#### Data section

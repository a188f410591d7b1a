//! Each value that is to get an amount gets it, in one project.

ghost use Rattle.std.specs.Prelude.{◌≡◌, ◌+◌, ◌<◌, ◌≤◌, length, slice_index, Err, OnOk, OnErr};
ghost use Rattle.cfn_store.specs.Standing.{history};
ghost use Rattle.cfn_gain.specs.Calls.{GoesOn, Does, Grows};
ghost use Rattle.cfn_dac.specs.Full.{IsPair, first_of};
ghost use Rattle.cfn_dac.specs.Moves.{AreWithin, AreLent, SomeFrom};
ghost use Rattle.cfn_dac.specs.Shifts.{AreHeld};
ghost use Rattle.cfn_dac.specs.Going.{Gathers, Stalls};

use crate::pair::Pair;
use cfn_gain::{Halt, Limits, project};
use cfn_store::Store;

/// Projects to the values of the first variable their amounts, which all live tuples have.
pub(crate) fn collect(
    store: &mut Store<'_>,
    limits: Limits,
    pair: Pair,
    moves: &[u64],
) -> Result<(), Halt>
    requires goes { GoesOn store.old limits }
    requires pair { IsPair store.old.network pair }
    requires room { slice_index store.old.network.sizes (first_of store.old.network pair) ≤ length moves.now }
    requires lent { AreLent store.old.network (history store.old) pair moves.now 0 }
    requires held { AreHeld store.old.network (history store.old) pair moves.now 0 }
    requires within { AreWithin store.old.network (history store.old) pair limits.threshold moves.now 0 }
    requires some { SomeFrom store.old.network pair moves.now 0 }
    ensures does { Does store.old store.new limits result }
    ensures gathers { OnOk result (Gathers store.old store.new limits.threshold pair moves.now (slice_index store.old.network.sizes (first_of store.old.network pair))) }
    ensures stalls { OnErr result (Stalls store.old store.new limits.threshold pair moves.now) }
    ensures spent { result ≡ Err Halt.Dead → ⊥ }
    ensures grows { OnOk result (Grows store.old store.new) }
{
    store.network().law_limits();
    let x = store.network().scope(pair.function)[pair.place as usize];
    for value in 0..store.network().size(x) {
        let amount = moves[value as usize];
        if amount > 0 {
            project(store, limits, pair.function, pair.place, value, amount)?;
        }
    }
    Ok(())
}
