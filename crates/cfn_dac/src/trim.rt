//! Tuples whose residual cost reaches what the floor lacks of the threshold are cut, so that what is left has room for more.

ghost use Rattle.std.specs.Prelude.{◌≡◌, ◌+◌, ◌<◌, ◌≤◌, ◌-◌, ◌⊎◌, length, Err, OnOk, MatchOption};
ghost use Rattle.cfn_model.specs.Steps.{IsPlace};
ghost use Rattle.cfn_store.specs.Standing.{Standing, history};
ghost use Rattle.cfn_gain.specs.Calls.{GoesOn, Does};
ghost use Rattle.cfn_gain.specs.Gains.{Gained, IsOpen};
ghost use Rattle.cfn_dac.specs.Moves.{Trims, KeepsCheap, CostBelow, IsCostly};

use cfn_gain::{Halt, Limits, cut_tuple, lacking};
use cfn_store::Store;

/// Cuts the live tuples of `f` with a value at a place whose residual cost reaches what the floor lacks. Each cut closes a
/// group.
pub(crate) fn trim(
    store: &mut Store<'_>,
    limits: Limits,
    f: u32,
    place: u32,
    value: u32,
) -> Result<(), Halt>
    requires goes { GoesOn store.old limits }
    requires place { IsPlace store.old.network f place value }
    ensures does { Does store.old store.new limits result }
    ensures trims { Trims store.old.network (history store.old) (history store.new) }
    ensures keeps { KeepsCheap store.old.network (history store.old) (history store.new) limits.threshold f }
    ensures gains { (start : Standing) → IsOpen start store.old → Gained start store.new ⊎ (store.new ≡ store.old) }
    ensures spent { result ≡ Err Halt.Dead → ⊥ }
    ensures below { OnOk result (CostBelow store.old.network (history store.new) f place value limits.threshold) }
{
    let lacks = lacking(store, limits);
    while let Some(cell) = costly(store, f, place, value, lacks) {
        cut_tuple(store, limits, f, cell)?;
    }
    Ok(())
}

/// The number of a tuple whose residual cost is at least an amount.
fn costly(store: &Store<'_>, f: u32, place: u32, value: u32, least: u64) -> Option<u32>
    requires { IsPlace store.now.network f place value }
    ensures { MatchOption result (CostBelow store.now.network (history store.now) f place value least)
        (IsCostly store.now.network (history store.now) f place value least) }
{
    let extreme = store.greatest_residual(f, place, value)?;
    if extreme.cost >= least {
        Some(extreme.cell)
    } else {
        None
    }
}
...
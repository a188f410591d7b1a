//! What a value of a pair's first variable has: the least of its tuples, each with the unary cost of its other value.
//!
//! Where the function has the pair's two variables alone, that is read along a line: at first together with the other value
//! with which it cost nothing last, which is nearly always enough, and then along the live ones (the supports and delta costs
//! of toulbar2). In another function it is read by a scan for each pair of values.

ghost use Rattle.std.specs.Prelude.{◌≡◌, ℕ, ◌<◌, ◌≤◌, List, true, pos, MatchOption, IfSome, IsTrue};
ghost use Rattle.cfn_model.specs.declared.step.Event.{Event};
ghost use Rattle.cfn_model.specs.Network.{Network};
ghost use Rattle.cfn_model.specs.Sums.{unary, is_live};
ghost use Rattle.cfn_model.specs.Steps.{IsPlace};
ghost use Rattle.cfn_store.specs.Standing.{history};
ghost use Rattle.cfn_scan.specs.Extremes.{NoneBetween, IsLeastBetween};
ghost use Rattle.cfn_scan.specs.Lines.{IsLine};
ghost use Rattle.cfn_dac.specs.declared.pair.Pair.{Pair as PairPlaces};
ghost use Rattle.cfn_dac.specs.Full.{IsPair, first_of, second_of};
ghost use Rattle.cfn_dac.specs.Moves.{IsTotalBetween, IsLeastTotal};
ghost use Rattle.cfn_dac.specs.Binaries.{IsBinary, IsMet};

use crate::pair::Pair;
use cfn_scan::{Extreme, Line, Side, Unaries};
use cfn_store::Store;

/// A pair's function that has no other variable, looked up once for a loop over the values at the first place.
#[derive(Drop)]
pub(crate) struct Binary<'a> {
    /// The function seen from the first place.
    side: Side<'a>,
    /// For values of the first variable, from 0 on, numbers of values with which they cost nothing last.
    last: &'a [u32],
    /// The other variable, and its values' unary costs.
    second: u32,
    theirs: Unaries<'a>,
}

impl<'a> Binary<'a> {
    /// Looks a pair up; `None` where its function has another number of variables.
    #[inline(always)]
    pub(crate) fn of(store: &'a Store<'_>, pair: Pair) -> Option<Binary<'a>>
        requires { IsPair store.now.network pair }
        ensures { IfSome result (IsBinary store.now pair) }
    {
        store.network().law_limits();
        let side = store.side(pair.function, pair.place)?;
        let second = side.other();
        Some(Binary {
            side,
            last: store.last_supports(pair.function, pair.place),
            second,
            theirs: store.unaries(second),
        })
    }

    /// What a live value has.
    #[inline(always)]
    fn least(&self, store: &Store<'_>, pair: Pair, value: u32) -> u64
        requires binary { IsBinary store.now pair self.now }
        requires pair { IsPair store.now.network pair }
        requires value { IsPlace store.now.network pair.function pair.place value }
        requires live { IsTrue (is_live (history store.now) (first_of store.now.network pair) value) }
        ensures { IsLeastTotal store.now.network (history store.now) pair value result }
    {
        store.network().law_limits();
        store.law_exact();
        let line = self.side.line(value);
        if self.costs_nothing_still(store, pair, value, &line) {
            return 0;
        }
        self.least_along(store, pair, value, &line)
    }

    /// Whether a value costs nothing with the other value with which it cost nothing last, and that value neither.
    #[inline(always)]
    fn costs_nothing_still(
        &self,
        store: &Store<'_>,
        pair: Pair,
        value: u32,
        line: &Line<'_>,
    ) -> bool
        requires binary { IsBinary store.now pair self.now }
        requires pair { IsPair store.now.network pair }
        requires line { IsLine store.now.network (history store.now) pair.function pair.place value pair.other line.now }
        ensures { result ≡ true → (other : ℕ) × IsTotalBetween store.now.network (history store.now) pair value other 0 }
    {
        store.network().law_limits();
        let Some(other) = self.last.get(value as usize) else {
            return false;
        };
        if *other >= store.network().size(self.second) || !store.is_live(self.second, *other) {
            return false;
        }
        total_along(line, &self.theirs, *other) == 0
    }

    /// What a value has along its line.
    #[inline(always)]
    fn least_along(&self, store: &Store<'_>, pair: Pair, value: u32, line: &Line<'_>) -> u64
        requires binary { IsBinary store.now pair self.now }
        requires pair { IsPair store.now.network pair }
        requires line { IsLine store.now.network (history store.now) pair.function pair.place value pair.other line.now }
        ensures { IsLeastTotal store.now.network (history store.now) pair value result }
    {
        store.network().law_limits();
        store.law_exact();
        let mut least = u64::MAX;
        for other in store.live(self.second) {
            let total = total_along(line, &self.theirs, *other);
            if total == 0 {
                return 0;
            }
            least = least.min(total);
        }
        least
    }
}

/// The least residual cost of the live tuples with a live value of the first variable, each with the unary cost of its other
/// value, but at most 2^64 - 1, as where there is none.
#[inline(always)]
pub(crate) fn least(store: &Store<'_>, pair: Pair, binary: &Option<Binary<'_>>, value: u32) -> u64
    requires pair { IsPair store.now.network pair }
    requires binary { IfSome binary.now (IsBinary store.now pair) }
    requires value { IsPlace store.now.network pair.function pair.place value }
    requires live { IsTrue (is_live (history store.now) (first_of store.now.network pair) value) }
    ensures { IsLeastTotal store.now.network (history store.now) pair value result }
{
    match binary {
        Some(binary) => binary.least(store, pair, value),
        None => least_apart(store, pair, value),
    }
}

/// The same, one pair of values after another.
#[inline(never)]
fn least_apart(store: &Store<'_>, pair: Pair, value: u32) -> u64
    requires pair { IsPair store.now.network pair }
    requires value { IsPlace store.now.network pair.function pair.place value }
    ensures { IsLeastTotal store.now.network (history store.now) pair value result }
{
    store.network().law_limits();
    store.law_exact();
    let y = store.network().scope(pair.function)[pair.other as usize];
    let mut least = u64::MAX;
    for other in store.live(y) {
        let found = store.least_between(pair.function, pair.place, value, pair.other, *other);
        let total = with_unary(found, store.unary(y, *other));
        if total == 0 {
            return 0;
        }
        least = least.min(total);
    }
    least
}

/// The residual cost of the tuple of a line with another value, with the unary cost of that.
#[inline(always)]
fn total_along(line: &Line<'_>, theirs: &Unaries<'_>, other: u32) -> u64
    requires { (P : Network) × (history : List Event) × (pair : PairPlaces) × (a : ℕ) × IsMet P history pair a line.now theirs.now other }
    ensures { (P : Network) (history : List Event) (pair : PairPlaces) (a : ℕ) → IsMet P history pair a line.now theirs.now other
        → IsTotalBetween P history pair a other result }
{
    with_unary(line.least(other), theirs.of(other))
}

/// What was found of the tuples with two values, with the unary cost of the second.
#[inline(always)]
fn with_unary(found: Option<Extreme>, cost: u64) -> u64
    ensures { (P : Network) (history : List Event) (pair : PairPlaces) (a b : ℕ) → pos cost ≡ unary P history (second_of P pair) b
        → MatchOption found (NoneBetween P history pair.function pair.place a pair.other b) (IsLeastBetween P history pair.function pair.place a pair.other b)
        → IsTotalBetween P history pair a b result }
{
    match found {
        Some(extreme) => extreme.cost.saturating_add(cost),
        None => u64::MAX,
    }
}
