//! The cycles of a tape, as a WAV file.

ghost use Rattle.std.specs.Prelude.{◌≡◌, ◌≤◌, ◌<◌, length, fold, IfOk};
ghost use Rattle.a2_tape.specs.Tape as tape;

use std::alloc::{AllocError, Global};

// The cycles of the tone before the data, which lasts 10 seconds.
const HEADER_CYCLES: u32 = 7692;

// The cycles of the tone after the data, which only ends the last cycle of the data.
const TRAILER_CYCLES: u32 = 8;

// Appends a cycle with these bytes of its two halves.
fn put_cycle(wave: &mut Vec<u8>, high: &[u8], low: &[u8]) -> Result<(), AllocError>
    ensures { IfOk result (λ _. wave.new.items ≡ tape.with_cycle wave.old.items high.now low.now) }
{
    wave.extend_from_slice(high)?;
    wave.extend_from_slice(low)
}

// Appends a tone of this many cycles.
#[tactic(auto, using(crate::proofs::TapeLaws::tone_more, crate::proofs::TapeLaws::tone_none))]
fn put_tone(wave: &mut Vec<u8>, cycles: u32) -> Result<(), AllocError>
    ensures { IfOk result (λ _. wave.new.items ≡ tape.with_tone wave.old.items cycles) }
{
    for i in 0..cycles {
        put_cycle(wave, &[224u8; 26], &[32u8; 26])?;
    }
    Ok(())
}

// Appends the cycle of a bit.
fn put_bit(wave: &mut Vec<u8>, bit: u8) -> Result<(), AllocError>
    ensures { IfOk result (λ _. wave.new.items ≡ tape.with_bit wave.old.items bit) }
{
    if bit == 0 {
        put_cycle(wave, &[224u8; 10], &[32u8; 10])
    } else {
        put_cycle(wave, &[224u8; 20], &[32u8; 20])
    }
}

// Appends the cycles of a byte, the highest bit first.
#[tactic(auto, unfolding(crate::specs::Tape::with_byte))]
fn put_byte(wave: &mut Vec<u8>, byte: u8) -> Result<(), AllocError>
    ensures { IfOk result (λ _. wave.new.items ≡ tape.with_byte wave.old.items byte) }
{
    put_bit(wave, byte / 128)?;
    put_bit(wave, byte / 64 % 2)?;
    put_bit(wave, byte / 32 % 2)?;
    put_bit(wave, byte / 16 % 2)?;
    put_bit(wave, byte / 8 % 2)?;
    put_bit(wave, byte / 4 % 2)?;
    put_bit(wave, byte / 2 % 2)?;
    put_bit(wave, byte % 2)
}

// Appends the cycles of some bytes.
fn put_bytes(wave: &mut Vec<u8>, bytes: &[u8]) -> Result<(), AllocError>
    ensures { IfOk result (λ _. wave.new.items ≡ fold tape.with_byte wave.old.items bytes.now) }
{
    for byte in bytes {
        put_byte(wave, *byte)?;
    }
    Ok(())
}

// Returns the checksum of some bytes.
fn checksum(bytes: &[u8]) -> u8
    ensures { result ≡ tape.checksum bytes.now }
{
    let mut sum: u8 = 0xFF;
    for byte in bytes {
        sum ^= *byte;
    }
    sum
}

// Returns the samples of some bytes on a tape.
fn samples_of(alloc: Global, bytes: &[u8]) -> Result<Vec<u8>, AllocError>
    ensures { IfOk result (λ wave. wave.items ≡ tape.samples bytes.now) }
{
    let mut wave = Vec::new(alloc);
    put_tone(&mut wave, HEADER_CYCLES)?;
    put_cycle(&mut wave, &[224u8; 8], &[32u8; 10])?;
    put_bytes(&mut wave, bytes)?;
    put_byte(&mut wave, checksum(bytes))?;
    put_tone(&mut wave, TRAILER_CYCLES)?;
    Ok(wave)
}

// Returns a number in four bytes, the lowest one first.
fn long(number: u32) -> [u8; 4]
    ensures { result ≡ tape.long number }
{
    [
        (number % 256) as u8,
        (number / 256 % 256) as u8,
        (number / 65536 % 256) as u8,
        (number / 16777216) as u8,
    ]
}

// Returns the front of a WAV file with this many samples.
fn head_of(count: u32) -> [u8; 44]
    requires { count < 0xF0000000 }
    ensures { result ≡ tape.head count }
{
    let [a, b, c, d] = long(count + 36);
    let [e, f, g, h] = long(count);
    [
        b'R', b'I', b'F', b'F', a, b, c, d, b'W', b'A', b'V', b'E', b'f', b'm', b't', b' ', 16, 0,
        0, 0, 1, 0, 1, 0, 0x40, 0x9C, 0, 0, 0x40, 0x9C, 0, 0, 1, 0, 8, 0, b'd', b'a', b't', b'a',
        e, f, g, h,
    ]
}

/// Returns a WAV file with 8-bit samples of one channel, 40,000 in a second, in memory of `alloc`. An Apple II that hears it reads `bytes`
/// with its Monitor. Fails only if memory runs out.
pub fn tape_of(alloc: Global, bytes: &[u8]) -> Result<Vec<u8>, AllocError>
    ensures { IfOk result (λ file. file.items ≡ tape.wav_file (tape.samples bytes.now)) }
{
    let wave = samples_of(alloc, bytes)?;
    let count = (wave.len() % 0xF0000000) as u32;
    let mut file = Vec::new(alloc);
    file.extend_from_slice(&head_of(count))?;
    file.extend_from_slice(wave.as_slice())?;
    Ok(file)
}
* * *
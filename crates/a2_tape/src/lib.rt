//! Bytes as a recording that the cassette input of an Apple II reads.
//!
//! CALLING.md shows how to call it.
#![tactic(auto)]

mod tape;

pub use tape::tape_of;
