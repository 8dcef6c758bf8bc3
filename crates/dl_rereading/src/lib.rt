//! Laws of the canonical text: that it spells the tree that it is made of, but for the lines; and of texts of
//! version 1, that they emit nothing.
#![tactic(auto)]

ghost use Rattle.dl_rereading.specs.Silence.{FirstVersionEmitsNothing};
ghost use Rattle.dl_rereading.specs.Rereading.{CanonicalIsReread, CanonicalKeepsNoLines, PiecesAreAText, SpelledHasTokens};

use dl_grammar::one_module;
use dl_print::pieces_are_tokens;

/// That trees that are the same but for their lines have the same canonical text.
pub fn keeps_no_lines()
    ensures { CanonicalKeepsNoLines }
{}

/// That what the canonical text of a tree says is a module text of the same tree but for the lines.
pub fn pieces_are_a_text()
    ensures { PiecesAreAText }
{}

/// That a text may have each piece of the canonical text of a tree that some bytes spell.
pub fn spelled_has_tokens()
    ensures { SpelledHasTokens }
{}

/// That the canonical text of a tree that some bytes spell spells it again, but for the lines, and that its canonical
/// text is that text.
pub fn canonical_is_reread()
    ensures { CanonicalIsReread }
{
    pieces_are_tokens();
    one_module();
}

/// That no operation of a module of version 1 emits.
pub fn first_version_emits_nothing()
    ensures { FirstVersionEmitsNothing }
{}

#### Work item
Your answer must consist of every line in the listing that contains "items".

#### Response for this exercise
    ensures { IfOk result (λ _. wave.new.items ≡ tape.with_cycle wave.old.items high.now low.now) }
    ensures { IfOk result (λ _. wave.new.items ≡ tape.with_tone wave.old.items cycles) }
    ensures { IfOk result (λ _. wave.new.items ≡ tape.with_bit wave.old.items bit) }
    ensures { IfOk result (λ _. wave.new.items ≡ tape.with_byte wave.old.items byte) }
    ensures { IfOk result (λ _. wave.new.items ≡ fold tape.with_byte wave.old.items bytes.now) }
    ensures { IfOk result (λ wave. wave.items ≡ tape.samples bytes.now) }
    ensures { IfOk result (λ file. file.items ≡ tape.wav_file (tape.samples bytes.now)) }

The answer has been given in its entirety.